**Instructions to follow:**
Scan the entries below and return each line that contains "true".

**Task data:**
-------

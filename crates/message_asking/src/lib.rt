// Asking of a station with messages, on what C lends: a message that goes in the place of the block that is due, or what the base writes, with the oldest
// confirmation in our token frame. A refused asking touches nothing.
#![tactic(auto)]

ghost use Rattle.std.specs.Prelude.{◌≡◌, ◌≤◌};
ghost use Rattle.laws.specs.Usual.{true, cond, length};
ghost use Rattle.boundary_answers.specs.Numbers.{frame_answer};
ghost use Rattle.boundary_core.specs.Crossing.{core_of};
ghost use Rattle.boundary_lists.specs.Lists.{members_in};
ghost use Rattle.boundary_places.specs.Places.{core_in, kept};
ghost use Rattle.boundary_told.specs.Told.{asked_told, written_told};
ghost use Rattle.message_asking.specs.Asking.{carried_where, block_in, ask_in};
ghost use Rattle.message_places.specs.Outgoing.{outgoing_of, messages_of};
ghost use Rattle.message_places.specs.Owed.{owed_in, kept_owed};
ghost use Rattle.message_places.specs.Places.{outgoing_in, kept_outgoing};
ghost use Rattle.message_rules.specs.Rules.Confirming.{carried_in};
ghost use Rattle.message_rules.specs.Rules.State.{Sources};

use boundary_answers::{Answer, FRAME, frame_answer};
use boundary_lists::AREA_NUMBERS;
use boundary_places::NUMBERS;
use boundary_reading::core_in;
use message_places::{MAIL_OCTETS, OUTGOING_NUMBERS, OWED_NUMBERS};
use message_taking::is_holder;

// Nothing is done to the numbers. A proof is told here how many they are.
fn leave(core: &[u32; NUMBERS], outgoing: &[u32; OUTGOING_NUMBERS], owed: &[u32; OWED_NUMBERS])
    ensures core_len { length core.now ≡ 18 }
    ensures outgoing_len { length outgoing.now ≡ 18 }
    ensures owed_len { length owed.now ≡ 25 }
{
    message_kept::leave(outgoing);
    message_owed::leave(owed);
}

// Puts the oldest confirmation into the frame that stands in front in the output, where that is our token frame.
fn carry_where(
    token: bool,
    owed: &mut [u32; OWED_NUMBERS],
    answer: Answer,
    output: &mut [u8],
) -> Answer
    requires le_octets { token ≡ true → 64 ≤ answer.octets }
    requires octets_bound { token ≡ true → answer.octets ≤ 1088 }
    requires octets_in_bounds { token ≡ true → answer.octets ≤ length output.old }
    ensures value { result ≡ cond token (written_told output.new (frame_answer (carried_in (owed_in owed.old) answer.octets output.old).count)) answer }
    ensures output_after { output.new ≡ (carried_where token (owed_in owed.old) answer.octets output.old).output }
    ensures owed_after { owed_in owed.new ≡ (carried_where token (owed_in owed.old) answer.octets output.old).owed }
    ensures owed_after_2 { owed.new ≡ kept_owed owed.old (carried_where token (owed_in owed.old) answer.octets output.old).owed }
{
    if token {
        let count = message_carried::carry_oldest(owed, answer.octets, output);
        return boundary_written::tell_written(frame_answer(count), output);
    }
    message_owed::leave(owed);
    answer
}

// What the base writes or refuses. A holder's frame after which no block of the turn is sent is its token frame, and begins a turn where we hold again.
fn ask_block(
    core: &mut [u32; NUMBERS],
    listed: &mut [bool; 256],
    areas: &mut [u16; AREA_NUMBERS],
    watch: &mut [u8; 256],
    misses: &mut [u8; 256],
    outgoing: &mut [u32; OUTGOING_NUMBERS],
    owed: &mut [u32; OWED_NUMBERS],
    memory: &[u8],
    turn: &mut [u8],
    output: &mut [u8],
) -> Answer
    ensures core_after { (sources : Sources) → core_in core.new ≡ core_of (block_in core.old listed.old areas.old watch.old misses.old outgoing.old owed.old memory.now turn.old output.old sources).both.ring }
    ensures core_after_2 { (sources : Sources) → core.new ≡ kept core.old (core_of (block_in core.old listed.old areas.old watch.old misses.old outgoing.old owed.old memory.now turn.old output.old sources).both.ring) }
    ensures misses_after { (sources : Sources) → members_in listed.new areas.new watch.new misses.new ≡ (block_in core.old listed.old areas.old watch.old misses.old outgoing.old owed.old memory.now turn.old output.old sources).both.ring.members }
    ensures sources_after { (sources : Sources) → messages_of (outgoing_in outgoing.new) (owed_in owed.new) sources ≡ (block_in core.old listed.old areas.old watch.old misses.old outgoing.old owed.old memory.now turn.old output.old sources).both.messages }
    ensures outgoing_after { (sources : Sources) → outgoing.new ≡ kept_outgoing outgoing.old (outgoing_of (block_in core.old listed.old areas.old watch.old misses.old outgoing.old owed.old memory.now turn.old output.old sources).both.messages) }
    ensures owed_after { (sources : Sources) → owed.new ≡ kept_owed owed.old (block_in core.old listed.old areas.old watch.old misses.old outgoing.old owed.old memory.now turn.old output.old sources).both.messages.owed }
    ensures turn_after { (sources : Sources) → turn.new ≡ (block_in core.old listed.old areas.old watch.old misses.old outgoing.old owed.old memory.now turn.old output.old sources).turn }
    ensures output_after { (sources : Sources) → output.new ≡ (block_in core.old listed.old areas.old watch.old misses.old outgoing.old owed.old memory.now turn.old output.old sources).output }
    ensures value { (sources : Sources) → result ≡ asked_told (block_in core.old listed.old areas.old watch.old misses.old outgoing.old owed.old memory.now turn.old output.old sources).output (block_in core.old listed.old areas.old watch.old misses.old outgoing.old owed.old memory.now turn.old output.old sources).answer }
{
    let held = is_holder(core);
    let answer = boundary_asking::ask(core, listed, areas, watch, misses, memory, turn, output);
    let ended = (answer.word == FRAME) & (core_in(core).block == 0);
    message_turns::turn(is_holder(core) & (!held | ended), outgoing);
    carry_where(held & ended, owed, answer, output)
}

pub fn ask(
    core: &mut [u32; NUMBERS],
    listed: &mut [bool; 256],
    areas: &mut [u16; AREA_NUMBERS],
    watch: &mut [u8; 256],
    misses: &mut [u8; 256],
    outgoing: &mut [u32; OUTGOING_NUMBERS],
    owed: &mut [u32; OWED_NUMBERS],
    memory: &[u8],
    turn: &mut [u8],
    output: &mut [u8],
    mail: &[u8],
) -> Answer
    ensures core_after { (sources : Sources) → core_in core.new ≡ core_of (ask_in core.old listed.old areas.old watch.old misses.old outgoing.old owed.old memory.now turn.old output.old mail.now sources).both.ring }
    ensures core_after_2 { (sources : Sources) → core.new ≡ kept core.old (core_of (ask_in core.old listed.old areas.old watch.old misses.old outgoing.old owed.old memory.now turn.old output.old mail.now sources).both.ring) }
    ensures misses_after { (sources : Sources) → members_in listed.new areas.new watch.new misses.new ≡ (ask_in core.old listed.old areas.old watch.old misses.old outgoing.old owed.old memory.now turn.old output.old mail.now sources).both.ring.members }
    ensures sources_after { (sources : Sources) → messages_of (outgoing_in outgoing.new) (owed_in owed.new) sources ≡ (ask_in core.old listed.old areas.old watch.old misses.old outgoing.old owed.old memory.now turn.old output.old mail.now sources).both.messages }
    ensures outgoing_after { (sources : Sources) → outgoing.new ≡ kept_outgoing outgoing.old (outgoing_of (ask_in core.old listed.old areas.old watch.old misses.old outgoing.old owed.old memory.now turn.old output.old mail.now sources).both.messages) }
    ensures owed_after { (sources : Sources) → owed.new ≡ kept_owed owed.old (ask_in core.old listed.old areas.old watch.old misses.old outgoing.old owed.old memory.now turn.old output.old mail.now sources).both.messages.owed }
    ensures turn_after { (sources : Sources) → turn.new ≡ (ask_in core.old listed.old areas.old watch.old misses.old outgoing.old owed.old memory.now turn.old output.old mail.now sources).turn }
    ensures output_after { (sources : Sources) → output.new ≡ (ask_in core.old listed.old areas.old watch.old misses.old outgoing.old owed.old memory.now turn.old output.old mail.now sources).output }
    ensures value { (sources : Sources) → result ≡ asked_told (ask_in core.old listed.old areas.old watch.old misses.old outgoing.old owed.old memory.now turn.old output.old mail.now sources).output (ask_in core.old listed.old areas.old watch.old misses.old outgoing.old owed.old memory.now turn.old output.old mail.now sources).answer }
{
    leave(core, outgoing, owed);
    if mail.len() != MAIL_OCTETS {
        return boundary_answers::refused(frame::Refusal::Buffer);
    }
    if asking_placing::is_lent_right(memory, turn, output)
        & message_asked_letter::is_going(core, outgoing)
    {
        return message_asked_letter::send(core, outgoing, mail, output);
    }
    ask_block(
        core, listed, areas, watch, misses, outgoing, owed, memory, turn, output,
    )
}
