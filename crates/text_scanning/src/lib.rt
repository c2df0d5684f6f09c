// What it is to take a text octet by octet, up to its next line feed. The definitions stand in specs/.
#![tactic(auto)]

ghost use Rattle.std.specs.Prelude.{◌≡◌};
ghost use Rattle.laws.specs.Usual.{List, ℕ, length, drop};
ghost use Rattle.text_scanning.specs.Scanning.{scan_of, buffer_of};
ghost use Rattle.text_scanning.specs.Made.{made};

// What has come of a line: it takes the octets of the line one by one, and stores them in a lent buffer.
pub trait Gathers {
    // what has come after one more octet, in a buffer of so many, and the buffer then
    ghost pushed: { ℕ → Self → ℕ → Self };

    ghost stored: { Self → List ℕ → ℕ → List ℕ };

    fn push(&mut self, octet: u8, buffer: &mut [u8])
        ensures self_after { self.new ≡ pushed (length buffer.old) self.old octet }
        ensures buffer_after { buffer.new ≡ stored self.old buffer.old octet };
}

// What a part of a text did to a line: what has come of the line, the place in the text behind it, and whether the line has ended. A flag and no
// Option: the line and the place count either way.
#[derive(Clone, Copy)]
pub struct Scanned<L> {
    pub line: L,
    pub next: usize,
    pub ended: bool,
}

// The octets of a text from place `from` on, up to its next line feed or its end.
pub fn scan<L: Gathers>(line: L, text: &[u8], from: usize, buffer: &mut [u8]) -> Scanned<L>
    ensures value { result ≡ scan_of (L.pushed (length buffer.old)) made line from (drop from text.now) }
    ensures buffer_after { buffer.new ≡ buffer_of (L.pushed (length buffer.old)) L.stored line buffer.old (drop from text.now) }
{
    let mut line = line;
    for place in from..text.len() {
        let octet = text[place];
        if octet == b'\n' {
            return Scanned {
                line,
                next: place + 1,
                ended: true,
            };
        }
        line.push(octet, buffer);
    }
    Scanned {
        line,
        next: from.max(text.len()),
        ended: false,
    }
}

-------

**Response to this exercise:**
ghost use Rattle.laws.specs.Usual.{true, cond, length};
    requires le_octets { token ≡ true → 64 ≤ answer.octets }
    requires octets_bound { token ≡ true → answer.octets ≤ 1088 }
    requires octets_in_bounds { token ≡ true → answer.octets ≤ length output.old }
                ended: true,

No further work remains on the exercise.